Didn't you say any non good though?  I don't mind playing neutral characters.  It's just evil characters I don't like.  Being evil is silly and self destructive.  Nothing survives in the long term that way.


----------



## Micar Sin (Oct 24, 2007)

Leaving aside the 'self destructive' thing...you're either stuck playing evil, or stuck playing someone who is just fine with assisting in evil acts on a regular and on going basis, soooo....


----------



## Dire Lemming (Oct 24, 2007)

Yeah, I guess I just shouldn't bother trying to fit into this game, what with all the other people who are interested and perfectly willing to play evil characters.


----------



## Scodi (Oct 24, 2007)

I'd be interested in playing in this as well, which sounds like fun.
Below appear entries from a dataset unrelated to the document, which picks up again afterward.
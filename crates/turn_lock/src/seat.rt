//! A seat at a turnstile.
use crate::kept::Kept;
use crate::view::View;
use std::marker::PhantomData;

/// A thread's place at one turnstile. It is spent by `join` or `close`.
pub struct Seat<S: Kept> {
    pub(crate) place: atomic_table::Seat<Option<S>, View<S::Fixed, S::Entry, S::Job>>,
}

/// The value, for as long as a seat holds the turn. It is spent by `leave`.
pub struct Held<S> {
    pub value: S,
    pub(crate) turn: PhantomData<S>,
}
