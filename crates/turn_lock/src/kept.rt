//! What a turnstile asks of the value that it keeps.
ghost use Rattle.std.specs.Prelude.{List};

/// What a turnstile can keep: a value with a fixed part, a history that only grows, and jobs that are out.
/// It has no calls: the three meanings are for contracts alone.
pub trait Kept {
    /// The part that no turn changes.
    type Fixed;

    /// What the value's history consists of.
    type Entry;

    /// What leaves the value for a while, and comes back.
    type Job;

    // The fixed part.
    ghost fixed: { Self → Self.Fixed };

    // The history, in order.
    ghost entries: { Self → List Self.Entry };

    // The jobs that are out.
    ghost jobs: { Self → List Self.Job };
}
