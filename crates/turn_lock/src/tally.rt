//! Numbers that threads add, with tickets.
ghost use Rattle.std.specs.Prelude.{◌≡◌, [], ◌∷◌, ◌++◌, IsPermutation, Contains, OnErr, IfOk, MatchBool, length, vec_len};
ghost use mathlib.Core.List.{IsPrefix};

use crate::Kept;
use std::alloc::{AllocError, Global};

pub type NoMemory = AllocError;

/// A list of numbers that only grows, under a name, and the tickets that are out.
pub struct Tally {
    name: u32,
    entries: Vec<u64>,
    out: Vec<u64>,
}

impl Kept for Tally {
    type Fixed = u32;

    type Entry = u64;

    type Job = u64;

    ghost fixed = { λ t. t.name };

    ghost entries = { λ t. t.entries.items };

    ghost jobs = { λ t. t.out.items };
}

impl Tally {
    pub fn new(alloc: Global, name: u32) -> Tally
        ensures { (result.name ≡ name) × (result.entries.items ≡ []) × (result.out.items ≡ []) }
    {
        Tally {
            name,
            entries: Vec::new(alloc),
            out: Vec::new(alloc),
        }
    }

    pub fn name(&self) -> u32
        ensures { result ≡ self.now.name }
    {
        self.name
    }

    /// All that was added, in order.
    pub fn entries(&self) -> &[u64]
        ensures { result.now ≡ self.now.entries.items }
    {
        self.entries.as_slice()
    }

    /// How many numbers were added.
    pub fn count(&self) -> u64
        ensures { result ≡ length self.now.entries.items }
    {
        self.entries.len() as u64
    }

    /// Adds a number, and tells its place.
    pub fn add(&mut self, entry: u64) -> Result<usize, NoMemory>
        ensures others { (self.new.name ≡ self.old.name) × (self.new.out.items ≡ self.old.out.items) }
        ensures added { IfOk result
            (λ place. (self.new.entries.items ≡ self.old.entries.items ++ entry ∷ [])
            × (place ≡ vec_len self.old.entries)) }
        ensures err { OnErr result (self.new.entries.items ≡ self.old.entries.items) }
        ensures begins { IsPrefix self.old.entries.items self.new.entries.items }
    {
        let place = self.entries.len();
        self.entries.push(entry)?;
        Ok(place)
    }

    /// Lends a ticket, unless it is out.
    pub fn lend(&mut self, ticket: u64) -> Result<bool, NoMemory>
        ensures others { (self.new.name ≡ self.old.name) × (self.new.entries.items ≡ self.old.entries.items) }
        ensures begins { IsPrefix self.old.entries.items self.new.entries.items }
        ensures lent { IfOk result (λ done. MatchBool done
            ((¬ Contains self.old.out.items ticket) × (self.new.out.items ≡ self.old.out.items ++ ticket ∷ []))
            (Contains self.old.out.items ticket × (self.new.out.items ≡ self.old.out.items))) }
        ensures err { OnErr result (self.new.out.items ≡ self.old.out.items) }
    {
        if self.out.contains(&ticket) {
            return Ok(false);
        }
        self.out.push(ticket)?;
        Ok(true)
    }

    /// Takes a ticket back.
    pub fn take_back(&mut self, ticket: u64)
        requires { Contains self.old.out.items ticket }
        ensures others { (self.new.name ≡ self.old.name) × (self.new.entries.items ≡ self.old.entries.items) }
        ensures begins { IsPrefix self.old.entries.items self.new.entries.items }
        ensures taken { IsPermutation self.old.out.items (ticket ∷ self.new.out.items) }
    {
        let Some(place) = self.out.iter().position(|lent| *lent == ticket) else {
            unreachable!()
        };
        self.out.remove(place);
    }

    /// Spends the tally.
    pub fn into_entries(self) -> Vec<u64>
        ensures { result.items ≡ self.entries.items }
    {
        let Tally {
            name: _,
            entries,
            out: _,
        } = self;
        entries
    }
}
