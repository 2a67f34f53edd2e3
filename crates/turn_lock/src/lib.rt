//! A lock whose holder learns the history of what it keeps: the turnstile. And a caller of it, a list of numbers that
//! threads add to.
#![tactic(auto)]

mod kept;
mod plays;
mod seat;
mod share;
mod tally;
mod turns;
mod turnstile;
mod view;

pub use kept::Kept;
pub use seat::{Held, Seat};
pub use share::{add_both, add_by_many};
pub use tally::{NoMemory, Tally};
pub use turns::{add_all, add_turn, lend_turn, return_turn};
pub use turnstile::Turnstile;
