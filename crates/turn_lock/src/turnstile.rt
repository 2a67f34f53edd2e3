//! The turnstile: enter, leave, count, split, join and close.
//! Its table's words are the lock, the number of entries of the history, and how many threads wait.
ghost use Rattle.std.specs.Prelude.{◌≡◌};

use crate::kept::Kept;
use crate::plays::Rule;
use crate::view::View;
use atomic_table::Table;
use std::alloc::Global;
use std::snapshot::Snapshot;

mod looks;
mod seats;
mod turns;

/// A lock whose holder learns the history of the value that it keeps. It is spent by `close`.
pub struct Turnstile<S: Kept> {
    table: Table<Option<S>, View<S::Fixed, S::Entry, S::Job>, Snapshot<S>, Rule, Global>,
    ghost sized: { (table.shared.table_id.words ≡ 3) × (table.shared.table_id.slots ≡ 1) },
}
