//! How many buffers requests hold: by the number of the buffer, and by that of the stream.
ghost use Rattle.std.specs.Prelude.{◌≡◌, ◌==◌, ◌+◌, ◌-◌, ℕ, OnOk, if◌then◌else◌};
ghost use Rattle.hal_rows.specs.Judged.{is_holding, is_holding_for};
ghost use Rattle.hal_table.specs.Index.{IsAdded, IsTaken, count_in};

use cam_types::NoMemory;
use hal_rows::TargetRow;
use std::alloc::{AllocError, Global};
use std::collections::HashMap;

/// The counts. What has none has no entry.
#[derive(Drop)]
pub struct Held {
    pub buffers: HashMap<u32, u64>,
    pub streams: HashMap<u32, u64>,
}

// ---- one number

fn count_of(counts: &HashMap<u32, u64>, number: u32) -> u64
    ensures { result ≡ count_in counts.now.entries number }
{
    match counts.get(&number) {
        Some(count) => *count,
        None => 0,
    }
}

/// Counts one more. An error also where the count is too great to be kept.
fn add_one(counts: &mut HashMap<u32, u64>, number: u32) -> Result<(), NoMemory>
    ensures { OnOk result ((n : ℕ) → count_in counts.new.entries n
        ≡ count_in counts.old.entries n + (if number == n then 1 else 0)) }
{
    let count = count_of(counts, number);
    if count == u64::MAX {
        return Err(AllocError);
    }
    counts.insert(number, count + 1)?;
    Ok(())
}

/// Counts one less.
fn take_one(counts: &mut HashMap<u32, u64>, number: u32) -> Result<(), NoMemory>
    ensures { OnOk result ((n : ℕ) → count_in counts.new.entries n
        ≡ count_in counts.old.entries n - (if number == n then 1 else 0)) }
{
    let count = count_of(counts, number);
    if count <= 1 {
        counts.remove(&number);
        return Ok(());
    }
    counts.insert(number, count - 1)?;
    Ok(())
}

// ---- targets

impl Held {
    /// Nothing is held.
    pub(crate) fn new(alloc: Global) -> Held
        ensures buffers { (n : ℕ) → count_in result.buffers.entries n ≡ 0 }
        ensures streams { (n : ℕ) → count_in result.streams.entries n ≡ 0 }
    {
        Held {
            buffers: HashMap::new(alloc),
            streams: HashMap::new(alloc),
        }
    }

    /// How often the buffer is held.
    pub(crate) fn of_buffer(&self, buffer: u32) -> u64
        ensures { result ≡ count_in self.now.buffers.entries buffer }
    {
        count_of(&self.buffers, buffer)
    }

    /// How many buffers of the stream are held.
    pub(crate) fn of_stream(&self, stream: u32) -> u64
        ensures { result ≡ count_in self.now.streams.entries stream }
    {
        count_of(&self.streams, stream)
    }
}

fn add_target(held: &mut Held, target: &TargetRow) -> Result<(), NoMemory>
    ensures buffers { OnOk result ((b : ℕ) → count_in held.new.buffers.entries b
        ≡ count_in held.old.buffers.entries b + (if is_holding b target.now then 1 else 0)) }
    ensures streams { OnOk result ((s : ℕ) → count_in held.new.streams.entries s
        ≡ count_in held.old.streams.entries s + (if is_holding_for s target.now then 1 else 0)) }
{
    if target.back {
        return Ok(());
    }
    add_one(&mut held.buffers, target.target.buffer)?;
    add_one(&mut held.streams, target.target.stream)?;
    Ok(())
}

fn take_target(held: &mut Held, target: &TargetRow) -> Result<(), NoMemory>
    ensures buffers { OnOk result ((b : ℕ) → count_in held.new.buffers.entries b
        ≡ count_in held.old.buffers.entries b - (if is_holding b target.now then 1 else 0)) }
    ensures streams { OnOk result ((s : ℕ) → count_in held.new.streams.entries s
        ≡ count_in held.old.streams.entries s - (if is_holding_for s target.now then 1 else 0)) }
{
    if target.back {
        return Ok(());
    }
    take_one(&mut held.buffers, target.target.buffer)?;
    take_one(&mut held.streams, target.target.stream)?;
    Ok(())
}

/// Counts the targets that are held.
pub(crate) fn add_targets(held: &mut Held, targets: &[TargetRow]) -> Result<(), NoMemory>
    ensures { OnOk result (IsAdded targets.now held.old held.new) }
{
    for target in targets {
        add_target(held, target)?;
    }
    Ok(())
}

/// Counts them no more.
pub(crate) fn take_targets(held: &mut Held, targets: &[TargetRow]) -> Result<(), NoMemory>
    ensures { OnOk result (IsTaken targets.now held.old held.new) }
{
    for target in targets {
        take_target(held, target)?;
    }
    Ok(())
}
Here's my idea for a character:

Gortog, Goblin Shaman 
[sblock=Background]Growing up in Yar Gock, Gartog knew his future from a young age. He was destined to be a great witch doctor, his mother had told him as much. It was a future he looked forward to, a great future indeed. 

The witch doctors, after all, they hold the respect of the tribe. When a witch doctor speaks, people listen. Even the king would think twice before going against a witch doctor, and perhaps the will of Maglubiyet. A witch doctor then, with sufficient ambition, could be powerful. Little glory in the role, perhaps, but with that much influence, that much power, glory could be easily overlooked. 
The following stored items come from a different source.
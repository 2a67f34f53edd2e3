//! The state of a judge.
ghost use Rattle.std.specs.Prelude.{◌≡◌, ◌∷◌, ℕ, false, option_copied, true, IfOk, OnOk};
ghost use Rattle.std.specs.List.{list_any};
ghost use Rattle.std.specs.Map.{values_of};
ghost use Rattle.std.specs.Map.Iter.{ShowsInOrder, deref_pair};
ghost use Rattle.hal_rows.specs.declared.row.Row.{Row as ARow};
ghost use Rattle.hal_rows.specs.Judged.{ends_again_at, excused_at, held_count_at, is_held_at, is_requesting_at, is_row, is_row_called_from, names_idle_at, of_called, of_live};
ghost use Rattle.hal_rows.specs.Noting.{first_state, is_stray_at, next_state, hal_state_after};
ghost use Rattle.hal_rows.specs.Row.{fresh_row, row_for, rows_but};
ghost use Rattle.hal_row.specs.Settled.{IsTopped};
ghost use Rattle.hal_table.specs.State.{state_of};

use crate::LiveRows;
use crate::device::{new_device, note_device};
use cam_types::{Listing, NoMemory};
use hal_model::{HalEvent, HalTarget};
use hal_row::row::{Start, fresh_row, is_in_call};
use hal_row::word::is_open_ok;
use hal_row::{Tops, raise_found};
use hal_rows::{Device, Order, Row};
use lru::Iter;
use std::alloc::Global;

/// What a judge keeps of a log: the device, the rows of the live requests, and for each order who was begun last of the
/// requests that brought back what it asks for.
#[derive(Drop)]
pub struct HalTable {
    alloc: Global,
    device: Device,
    rows: LiveRows,
    tops: Tops,
}

impl HalTable {
    /// The state of the empty log. An error only where memory runs out.
    pub fn new(alloc: Global) -> Result<HalTable, NoMemory>
        ensures { IfOk result (λ table. (k : ℕ) → state_of table ≡ first_state k) }
    {
        Ok(HalTable {
            alloc,
            device: new_device(alloc),
            rows: LiveRows::new(alloc)?,
            tops: Tops::new(alloc),
        })
    }

    /// What is known of the device.
    pub fn device(&self) -> &Device
        ensures { result.now ≡ (state_of self.now).device }
    {
        &self.device
    }

    /// The rows of the live requests, that which was begun last first, each beside its request's number.
    pub fn rows(&self) -> Iter<'_, u32, Row>
        ensures rows { values_of result ≡ (state_of self.now).rows }
        ensures runs { ShowsInOrder (deref_pair {K = ℕ} {X = ARow}) }
    {
        self.rows.iter()
    }

    /// One above the rank of the last-begun of the requests that brought back what the order asks for.
    pub fn top(&self, order: Order) -> u64
        ensures { result ≡ (state_of self.now).top order }
    {
        self.tops.get(order)
    }

    /// The row of a request, if it is live.
    pub fn row_for(&self, frame: u32) -> Option<&Row>
        ensures { option_copied result ≡ row_for frame (state_of self.now).rows }
    {
        self.rows.row_for(frame)
    }

    /// Whether a request is in call.
    pub fn is_requesting(&self) -> bool
        ensures { result ≡ is_requesting_at (state_of self.now) }
    {
        self.rows.is_calling()
    }

    /// Whether a request is in call whose number isn't below this one.
    pub fn is_called_from(&self, frame: u32) -> bool
        ensures { result ≡ list_any (is_row_called_from frame) (state_of self.now).rows }
    {
        self.rows.is_called_from(frame)
    }

    /// Whether a live request holds the buffer.
    pub fn is_held(&self, buffer: u32) -> bool
        ensures { result ≡ is_held_at buffer (state_of self.now).rows }
    {
        self.rows.is_held(buffer)
    }

    /// How many buffers of the stream live requests hold.
    pub fn held_count(&self, stream: u32) -> u64
        ensures { result ≡ held_count_at stream (state_of self.now).rows }
    {
        self.rows.held_count(stream)
    }

    /// Whether a request is live.
    fn is_live(&self, frame: u32) -> bool
        ensures { result ≡ of_live is_row frame (state_of self.now) }
    {
        match self.row_for(frame) {
            Some(_) => true,
            None => false,
        }
    }

    /// Whether a request is in call.
    fn is_called(&self, frame: u32) -> bool
        ensures { result ≡ of_called is_row frame (state_of self.now) }
    {
        match self.row_for(frame) {
            Some(row) => is_in_call(row),
            None => false,
        }
    }

    /// Whether the callback names a request that isn't live.
    pub fn names_idle(&self, event: &HalEvent) -> bool
        ensures { result ≡ names_idle_at event.now (state_of self.now) }
    {
        match event {
            HalEvent::Shutter { frame, .. } => !self.is_live(*frame),
            HalEvent::ErrorRequest { frame } => !self.is_live(*frame),
            HalEvent::ErrorResult { frame } => !self.is_live(*frame),
            HalEvent::ErrorBuffer { frame, .. } => !self.is_live(*frame),
            HalEvent::Results { frame, .. } => !self.is_live(*frame),
            _ => false,
        }
    }

    /// Whether the event is an end of a request that isn't in call.
    fn ends_again(&self, event: &HalEvent) -> bool
        ensures { result ≡ ends_again_at event.now (state_of self.now) }
    {
        match event {
            HalEvent::RequestOk { frame } => !self.is_called(*frame),
            HalEvent::RequestError { frame, .. } => !self.is_called(*frame),
            _ => false,
        }
    }

    /// Whether the event stands for nothing.
    pub fn is_stray(&self, event: &HalEvent) -> bool
        ensures { result ≡ is_stray_at event.now (state_of self.now) }
    {
        self.names_idle(event) || self.ends_again(event)
    }

    /// Notes the next event. `parts` is the device's partial result count; `excused` says what excuses a refusal of the
    /// request that the event begins. The answer is an error only where memory runs out, or where 4,294,967,295
    /// requests were begun; the table is of no use then.
    pub fn note(&mut self, parts: u32, event: &HalEvent, excused: bool) -> Result<(), NoMemory>
        requires { excused ≡ excused_at event.now (state_of self.old) }
        ensures { OnOk result (state_of self.new ≡ next_state parts event.now (state_of self.old)) }
    {
        if is_open_ok(event) {
            return self.clear();
        }
        if self.is_stray(event) {
            return Ok(());
        }
        self.note_heard(parts, event, excused)
    }

    /// Goes back to the state of the empty log.
    fn clear(&mut self) -> Result<(), NoMemory>
        ensures { (k : ℕ) → OnOk result (state_of self.new ≡ first_state k) }
    {
        *self = HalTable::new(self.alloc)?;
        Ok(())
    }

    /// Notes an event that is heard.
    fn note_heard(&mut self, parts: u32, event: &HalEvent, excused: bool) -> Result<(), NoMemory>
        requires { excused ≡ excused_at event.now (state_of self.old) }
        ensures { OnOk result (state_of self.new ≡ hal_state_after parts event.now (state_of self.old)) }
    {
        match event {
            HalEvent::RequestBegin {
                frame,
                same,
                targets,
                ..
            } => {
                let start = Start {
                    frame: *frame,
                    rank: self.device.begun,
                    same: *same,
                    initialized: self.device.initialized,
                    dead: self.device.dead,
                    excused,
                };
                self.begin(parts, start, targets)?;
                note_device(self.alloc, event, &mut self.device)?;
                Ok(())
            }
            _ => {
                let flushing = self.device.flush.out;
                self.rows
                    .note(self.alloc, parts, flushing, event, &mut self.tops)?;
                note_device(self.alloc, event, &mut self.device)?;
                Ok(())
            }
        }
    }

    /// Puts a request that begins in place of the one of its number.
    fn begin(
        &mut self,
        parts: u32,
        start: Start,
        targets: &Listing<HalTarget>,
    ) -> Result<(), NoMemory>
        ensures device { self.new.device ≡ self.old.device }
        ensures rows { OnOk result (self.new.rows ≡ fresh_row parts start.frame start.rank targets.now start.same
            start.initialized start.dead start.excused ∷ rows_but start.frame self.old.rows) }
        ensures tops { OnOk result (IsTopped (row_for start.frame self.old.rows) self.old.tops self.new.tops) }
    {
        raise_found(&mut self.tops, self.rows.row_for(start.frame))?;
        let row = fresh_row(self.alloc, parts, start, targets)?;
        self.rows.begin(self.alloc, row)
    }
}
However, as he trained it seemed that a religious path was not easy for a young goblin. Maglubiyet was supposed to be your guide, lead you in your attacks and give a goblin the strength to reach your enemies in their sleep, so you might fell them without fear of reprisal. But, for Gartog, there was no strength granted, no great insight, no... well, anything. 
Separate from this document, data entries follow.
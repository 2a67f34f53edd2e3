//! What a judge of hal logs keeps: the device, the rows of the live requests, and who was begun last of the requests
//! that brought something back. Each event is noted in it.
#![tactic(auto)]

mod device;
mod held;
mod index;
mod rows;
mod table;

pub use index::frame_in;
pub use rows::LiveRows;
pub use table::HalTable;
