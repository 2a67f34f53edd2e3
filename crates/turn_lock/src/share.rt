//! A tally that two threads share.
ghost use Rattle.std.specs.Prelude.{◌≡◌, ◌≤◌, [], Some, IfSome, slice_get};
ghost use mathlib.Core.List.{IsPrefix};
ghost use Rattle.turn_lock.specs.Seats.{view};
ghost use Rattle.turn_lock.specs.Lending.{IsReady, IsBack, IsIdle, IsDone, IsRootAgain};
ghost use Rattle.turn_lock.specs.Tallies.{name_of};
ghost use denote.Param.Send.{IsSync};

use crate::tally::Tally;
use crate::turns::add_turn;
use crate::{Seat, Turnstile};
use std::alloc::Global;
use std::sync::Wait;
use std::thread::{Threads, join_mut};

/// Two threads add a number each. The tally comes back, and with the places, if there was memory for all, at which the
/// numbers stand.
pub fn add_both<R: Threads + Wait + Sync>(
    rt: &R,
    alloc: Global,
    tally: Tally,
    x: u64,
    y: u64,
) -> (Tally, Option<usize>, Option<usize>)
    requires { tally.out.items ≡ [] }
    ensures name { result.0.name ≡ tally.name }
    ensures begins { IsPrefix tally.entries.items result.0.entries.items }
    ensures first { IfSome result.1 (λ place. slice_get result.0.entries.items place ≡ Some x) }
    ensures second { IfSome result.2 (λ place. slice_get result.0.entries.items place ≡ Some y) }
{
    let count = tally.count();
    let (turnstile, mut root) = match Turnstile::new(alloc, tally, count) {
        Ok(made) => made,
        Err(tally) => return (tally, None, None),
    };
    let mut first = turnstile.split(&mut root);
    let mut second = turnstile.split(&mut root);
    let (a, b) = side_by_side(rt, &turnstile, &mut first, &mut second, x, y);
    turnstile.join(&mut root, second);
    turnstile.join(&mut root, first);
    (turnstile.close(root), a, b)
}

// Two turns in threads of their own.
fn side_by_side<R: Threads + Wait + Sync>(
    rt: &R,
    turnstile: &Turnstile<Tally>,
    first: &mut Seat<Tally>,
    second: &mut Seat<Tally>,
    x: u64,
    y: u64,
) -> (Option<usize>, Option<usize>)
    requires { IsReady name_of turnstile.now first.old × IsReady name_of turnstile.now second.old }
    ensures back { IsBack name_of turnstile.now (view first.old) first.new
        × IsBack name_of turnstile.now (view second.old) second.new }
    ensures first { IfSome result.0 (λ place. slice_get (view first.new).seen place ≡ Some x) }
    ensures second { IfSome result.1 (λ place. slice_get (view second.new).seen place ≡ Some y) }
{
    join_mut(
        rt,
        &mut || add_turn(rt, turnstile, first, x).ok(),
        &mut || add_turn(rt, turnstile, second, y).ok(),
    )
}

/// So many threads add the number `entry`, each `count` times, and so many of them it was added in all.
/// Each thread but the last works on a seat of its own, which is joined when it has ended.
pub fn add_by_many<R: Threads + Wait + Sync>(
    rt: &R,
    turnstile: &Turnstile<Tally>,
    root: &mut Seat<Tally>,
    threads: u32,
    entry: u64,
    count: u32,
) -> u64
    requires idle { IsIdle name_of turnstile.now root.old }
    requires root { (view root.old).number ≡ 0 }
    ensures { IsRootAgain name_of turnstile.now (view root.old) root.new }
{
    if threads < 2 {
        return add_often(rt, turnstile, root, entry, count);
    }
    let mut other = turnstile.split(root);
    let (by_other, by_more) = join_mut(
        rt,
        &mut || -> u64
            requires { IsIdle name_of turnstile.now other }
        { add_often(rt, turnstile, &mut other, entry, count) },
        &mut || -> u64
            requires { IsSync R.row × IsIdle name_of turnstile.now root.now × ((view root.now).number ≡ 0)
                × (2 ≤ threads) }
            ensures { IsRootAgain name_of turnstile.entry.now (view root.entry.now) root.exit.now }
        { add_by_many(rt, turnstile, root, threads - 1, entry, count) },
    );
    turnstile.join(root, other);
    by_other.saturating_add(by_more)
}

// Adds the number so often, each time in a turn of its own, until memory runs out.
fn add_often<R: Wait>(
    rt: &R,
    turnstile: &Turnstile<Tally>,
    seat: &mut Seat<Tally>,
    entry: u64,
    count: u32,
) -> u64
    requires { IsIdle name_of turnstile.now seat.old }
    ensures done { IsDone name_of turnstile.now (view seat.old) seat.new }
    ensures begins { IsPrefix (view seat.old).seen (view seat.new).seen }
{
    let mut added = 0;
    for _ in 0..count {
        if !add_once(rt, turnstile, seat, entry) {
            break;
        }
        added += 1;
    }
    added
}

fn add_once<R: Wait>(
    rt: &R,
    turnstile: &Turnstile<Tally>,
    seat: &mut Seat<Tally>,
    entry: u64,
) -> bool
    requires { IsIdle name_of turnstile.now seat.old }
    ensures done { IsDone name_of turnstile.now (view seat.old) seat.new }
    ensures begins { IsPrefix (view seat.old).seen (view seat.new).seen }
{
    add_turn(rt, turnstile, seat, entry).is_ok()
}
This was clearly a thorn in his side, an obstacle in his pursuits. He started looking elsewhere, and looked to the shamans. Their power was the equal to the priests, they could teach him the arcane arts, and with that perhaps he could find equal power, perhaps even surpassing the priests. 

It wasn’t until later in his training that Gartog began to realise what he now considers the truth. The two magics being so similar is no coincidence. They are one and the same, two sides of the same coin. Divine magic is not divine at all, just another crafting of the power of the arcane. Increasingly he begins to believe that Maglubiyet does not even exist, or at least cares little for this mortal realm. That is why he never had the guidance of Maglubiyet, none of the witch doctors do. Their magic, while different from that in which Gartog has now trained, is of no divine power. 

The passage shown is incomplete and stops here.